Publication ,  Journal Article
Song, H; Giorgi, EE; Ganusov, VV; Cai, F; Athreya, G; Yoon, H; Carja, O; Hora, B; Hraber, P; Romero-Severson, E; Jiang, C; Li, X; Wang, S ...
Published in: Nat Commun
May 15, 2018

Recombination in HIV-1 is well documented, but its importance in the low-diversity setting of within-host diversification is less understood. Here we develop a novel computational tool (RAPR (Recombination Analysis PRogram)) to enable a detailed view of in vivo viral recombination during early infection, and we apply it to near-full-length HIV-1 genome sequences from longitudinal samples. Recombinant genomes rapidly replace transmitted/founder (T/F) lineages, with a median half-time of 27 days, increasing the genetic complexity of the viral population.
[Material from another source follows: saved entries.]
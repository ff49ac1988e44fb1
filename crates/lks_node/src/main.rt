//! The program `lks_node`: it runs one LOCKSS peer over standard input and output, with its journal in a file.
#![tactic(auto)]

mod answering;
mod ends;
mod frames;
mod laws;
mod nodes;
mod opening;
mod orders;
mod replies;
mod runs;
mod statuses;
#[cfg(test)]
mod tests;
mod words;

pub use laws::{every_node_goes_on, every_start_is_where_it_stopped};
use lks_outside::{FirstByteJudge, StdSink, StdSource};
use lks_store::FileOpener;
pub use runs::node;
pub use statuses::NodeStatus;
use std::env;
use std::io::ErrorKind;
use std::process::ExitCode;

/// The words behind the program's name. One that isn't UTF-8 is neither a number nor a path.
fn words_of<R: env::Env + AllocGlobal>(rt: &R) -> Result<Vec<String>, NodeStatus> {
    let mut words = match env::args(rt) {
        Ok(words) => words,
        Err(error) => {
            return Err(match error.kind() {
                ErrorKind::OutOfMemory => NodeStatus::NoMemory,
                _ => NodeStatus::Usage,
            });
        }
    };
    let _name = words.next();
    words.collect(rt.alloc()).map_err(|_| NodeStatus::NoMemory)
}

fn main(rt: HostRuntime) -> ExitCode {
    let mut source = StdSource::new(rt.stdin());
    let mut sink = StdSink::new(rt.stdout());
    let mut opener = FileOpener::new(&rt);
    let status = match (words_of(&rt), FirstByteJudge::new(rt.alloc())) {
        (Ok(words), Ok(mut judge)) => {
            let (status, _store) = node(
                rt.alloc(),
                &rt,
                &words,
                &mut source,
                &mut sink,
                &mut opener,
                &mut judge,
            );
            status
        }
        (Err(status), _) => status,
        (_, Err(_)) => NodeStatus::NoMemory,
    };
    ExitCode::from(status.code())
}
We identify recombination hot and cold spots that differ from those observed in inter-subtype recombinants. Furthermore, RAPR analysis of longitudinal samples from an individual with well-characterized neutralizing antibody responses shows that recombination helps carry forward resistance-conferring mutations in the diversifying quasispecies. These findings provide insight into molecular mechanisms by which viral recombination contributes to HIV-1 persistence and immunopathogenesis and have implications for studies of HIV transmission and evolution in vivo.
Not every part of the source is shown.